//! Lists.
#![tactic(auto, using(crate::proofs::Making::lists), unfolding(vast_rows::specs::Built::make_more, vast_rows::specs::Built::of_one, vast_rows::specs::Built::of_two))]

ghost use Rattle.std.specs.Prelude.{◌≡◌, IfOk};
ghost use Rattle.vast_read.specs.Internal.Made.{Grown, denoted, value_view};
ghost use Rattle.vast_rows.specs.Built.{make_more, make_none};
ghost use Rattle.vast_rows.specs.declared.action.Listed.TheVariants as listed;

use crate::children::Children;
use crate::macros::wanted;
use crate::made::part::first;
use crate::made::value::{Value, Values};
use crate::tree::{
    Connection, Event, Group, NormalDeclaration, NormalExpr, NormalItem, NormalMember,
    NormalStatement, Parameter, Port,
};
use std::alloc::{AllocError, Global};
use vast_rows::Listed;

/// Puts a list with one more part in the place of the part and the list behind it.
macro_rules! one_more {
    ($values:ident, $part:ty, $list:ident) => {{
        let part = wanted!(first::<$part>($values));
        let mut list = wanted!(first::<Children<$part>>($values));
        list.push(part)?;
        $values.push(Value::$list(list))
    }};
}

/// An empty list.
#[tactic(auto, unfolding(vast_rows::specs::Built::make_none))]
pub(crate) fn none_of<'t>(alloc: Global, what: Listed) -> Value<'t>
    ensures { value_view result ≡ make_none what }
{
    match what {
        Listed::Item => Value::Items(Children::new(alloc)),
        Listed::Parameter => Value::Parameters(Children::new(alloc)),
        Listed::Port => Value::Ports(Children::new(alloc)),
        Listed::Member => Value::Members(Children::new(alloc)),
        Listed::Group => Value::Groups(Children::new(alloc)),
        Listed::Declaration => Value::Declarations(Children::new(alloc)),
        Listed::Expression => Value::Expressions(Children::new(alloc)),
        Listed::Connection => Value::Connections(Children::new(alloc)),
        Listed::Event => Value::Events(Children::new(alloc)),
        Listed::Statement => Value::Statements(Children::new(alloc)),
    }
}

/// One more part in front of a list.
pub(crate) fn one_more(what: Listed, values: &mut Values<'_>) -> Result<(), AllocError>
    ensures { IfOk result (λ _. Grown (make_more what (denoted values.old)) values.new) }
{
    match what {
        Listed::Item => one_more_item(values),
        Listed::Parameter => one_more_parameter(values),
        Listed::Port => one_more_port(values),
        Listed::Member => one_more_member(values),
        Listed::Group => one_more_group(values),
        Listed::Declaration => one_more_declaration(values),
        Listed::Expression => one_more_expression(values),
        Listed::Connection => one_more_connection(values),
        Listed::Event => one_more_event(values),
        Listed::Statement => one_more_statement(values),
    }
}

fn one_more_item(values: &mut Values<'_>) -> Result<(), AllocError>
    ensures { IfOk result (λ _. Grown (make_more listed.Item (denoted values.old)) values.new) }
{
    one_more!(values, NormalItem, Items)
}

fn one_more_parameter(values: &mut Values<'_>) -> Result<(), AllocError>
    ensures { IfOk result (λ _. Grown (make_more listed.Parameter (denoted values.old))
        values.new) }
{
    one_more!(values, Parameter, Parameters)
}

fn one_more_port(values: &mut Values<'_>) -> Result<(), AllocError>
    ensures { IfOk result (λ _. Grown (make_more listed.Port (denoted values.old)) values.new) }
{
    one_more!(values, Port, Ports)
}

fn one_more_member(values: &mut Values<'_>) -> Result<(), AllocError>
    ensures { IfOk result (λ _. Grown (make_more listed.Member (denoted values.old)) values.new) }
{
    one_more!(values, NormalMember, Members)
}

fn one_more_group(values: &mut Values<'_>) -> Result<(), AllocError>
    ensures { IfOk result (λ _. Grown (make_more listed.Group (denoted values.old)) values.new) }
{
    one_more!(values, Group, Groups)
}

fn one_more_declaration(values: &mut Values<'_>) -> Result<(), AllocError>
    ensures { IfOk result (λ _. Grown (make_more listed.Declaration (denoted values.old))
        values.new) }
{
    one_more!(values, NormalDeclaration, Declarations)
}

fn one_more_connection(values: &mut Values<'_>) -> Result<(), AllocError>
    ensures { IfOk result (λ _. Grown (make_more listed.Connection (denoted values.old))
        values.new) }
{
    one_more!(values, Connection, Connections)
}

fn one_more_event(values: &mut Values<'_>) -> Result<(), AllocError>
    ensures { IfOk result (λ _. Grown (make_more listed.Event (denoted values.old)) values.new) }
{
    one_more!(values, Event, Events)
}

fn one_more_statement(values: &mut Values<'_>) -> Result<(), AllocError>
    ensures { IfOk result (λ _. Grown (make_more listed.Statement (denoted values.old))
        values.new) }
{
    one_more!(values, NormalStatement, Statements)
}

fn one_more_expression(values: &mut Values<'_>) -> Result<(), AllocError>
    ensures { IfOk result (λ _. Grown (make_more listed.Expression (denoted values.old))
        values.new) }
{
    let part = wanted!(first::<Box<NormalExpr>>(values));
    let mut list = wanted!(first::<Children<NormalExpr>>(values));
    list.push(Box::into_inner(part))?;
    values.push(Value::Expressions(list))
}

→ HOW TO COMPLETE THIS TASK: The data above must be repeated in its entirety, exactly as given.

→ WORKED SOLUTION:
//! Lists.
#![tactic(auto, using(crate::proofs::Making::lists), unfolding(vast_rows::specs::Built::make_more, vast_rows::specs::Built::of_one, vast_rows::specs::Built::of_two))]

ghost use Rattle.std.specs.Prelude.{◌≡◌, IfOk};
ghost use Rattle.vast_read.specs.Internal.Made.{Grown, denoted, value_view};
ghost use Rattle.vast_rows.specs.Built.{make_more, make_none};
ghost use Rattle.vast_rows.specs.declared.action.Listed.TheVariants as listed;

use crate::children::Children;
use crate::macros::wanted;
use crate::made::part::first;
use crate::made::value::{Value, Values};
use crate::tree::{
    Connection, Event, Group, NormalDeclaration, NormalExpr, NormalItem, NormalMember,
    NormalStatement, Parameter, Port,
};
use std::alloc::{AllocError, Global};
use vast_rows::Listed;

/// Puts a list with one more part in the place of the part and the list behind it.
macro_rules! one_more {
    ($values:ident, $part:ty, $list:ident) => {{
        let part = wanted!(first::<$part>($values));
        let mut list = wanted!(first::<Children<$part>>($values));
        list.push(part)?;
        $values.push(Value::$list(list))
    }};
}

/// An empty list.
#[tactic(auto, unfolding(vast_rows::specs::Built::make_none))]
pub(crate) fn none_of<'t>(alloc: Global, what: Listed) -> Value<'t>
    ensures { value_view result ≡ make_none what }
{
    match what {
        Listed::Item => Value::Items(Children::new(alloc)),
        Listed::Parameter => Value::Parameters(Children::new(alloc)),
        Listed::Port => Value::Ports(Children::new(alloc)),
        Listed::Member => Value::Members(Children::new(alloc)),
        Listed::Group => Value::Groups(Children::new(alloc)),
        Listed::Declaration => Value::Declarations(Children::new(alloc)),
        Listed::Expression => Value::Expressions(Children::new(alloc)),
        Listed::Connection => Value::Connections(Children::new(alloc)),
        Listed::Event => Value::Events(Children::new(alloc)),
        Listed::Statement => Value::Statements(Children::new(alloc)),
    }
}

/// One more part in front of a list.
pub(crate) fn one_more(what: Listed, values: &mut Values<'_>) -> Result<(), AllocError>
    ensures { IfOk result (λ _. Grown (make_more what (denoted values.old)) values.new) }
{
    match what {
        Listed::Item => one_more_item(values),
        Listed::Parameter => one_more_parameter(values),
        Listed::Port => one_more_port(values),
        Listed::Member => one_more_member(values),
        Listed::Group => one_more_group(values),
        Listed::Declaration => one_more_declaration(values),
        Listed::Expression => one_more_expression(values),
        Listed::Connection => one_more_connection(values),
        Listed::Event => one_more_event(values),
        Listed::Statement => one_more_statement(values),
    }
}

fn one_more_item(values: &mut Values<'_>) -> Result<(), AllocError>
    ensures { IfOk result (λ _. Grown (make_more listed.Item (denoted values.old)) values.new) }
{
    one_more!(values, NormalItem, Items)
}

fn one_more_parameter(values: &mut Values<'_>) -> Result<(), AllocError>
    ensures { IfOk result (λ _. Grown (make_more listed.Parameter (denoted values.old))
        values.new) }
{
    one_more!(values, Parameter, Parameters)
}

fn one_more_port(values: &mut Values<'_>) -> Result<(), AllocError>
    ensures { IfOk result (λ _. Grown (make_more listed.Port (denoted values.old)) values.new) }
{
    one_more!(values, Port, Ports)
}

fn one_more_member(values: &mut Values<'_>) -> Result<(), AllocError>
    ensures { IfOk result (λ _. Grown (make_more listed.Member (denoted values.old)) values.new) }
{
    one_more!(values, NormalMember, Members)
}

fn one_more_group(values: &mut Values<'_>) -> Result<(), AllocError>
    ensures { IfOk result (λ _. Grown (make_more listed.Group (denoted values.old)) values.new) }
{
    one_more!(values, Group, Groups)
}

fn one_more_declaration(values: &mut Values<'_>) -> Result<(), AllocError>
    ensures { IfOk result (λ _. Grown (make_more listed.Declaration (denoted values.old))
        values.new) }
{
    one_more!(values, NormalDeclaration, Declarations)
}

fn one_more_connection(values: &mut Values<'_>) -> Result<(), AllocError>
    ensures { IfOk result (λ _. Grown (make_more listed.Connection (denoted values.old))
        values.new) }
{
    one_more!(values, Connection, Connections)
}

fn one_more_event(values: &mut Values<'_>) -> Result<(), AllocError>
    ensures { IfOk result (λ _. Grown (make_more listed.Event (denoted values.old)) values.new) }
{
    one_more!(values, Event, Events)
}

fn one_more_statement(values: &mut Values<'_>) -> Result<(), AllocError>
    ensures { IfOk result (λ _. Grown (make_more listed.Statement (denoted values.old))
        values.new) }
{
    one_more!(values, NormalStatement, Statements)
}

fn one_more_expression(values: &mut Values<'_>) -> Result<(), AllocError>
    ensures { IfOk result (λ _. Grown (make_more listed.Expression (denoted values.old))
        values.new) }
{
    let part = wanted!(first::<Box<NormalExpr>>(values));
    let mut list = wanted!(first::<Children<NormalExpr>>(values));
    list.push(Box::into_inner(part))?;
    values.push(Value::Expressions(list))
}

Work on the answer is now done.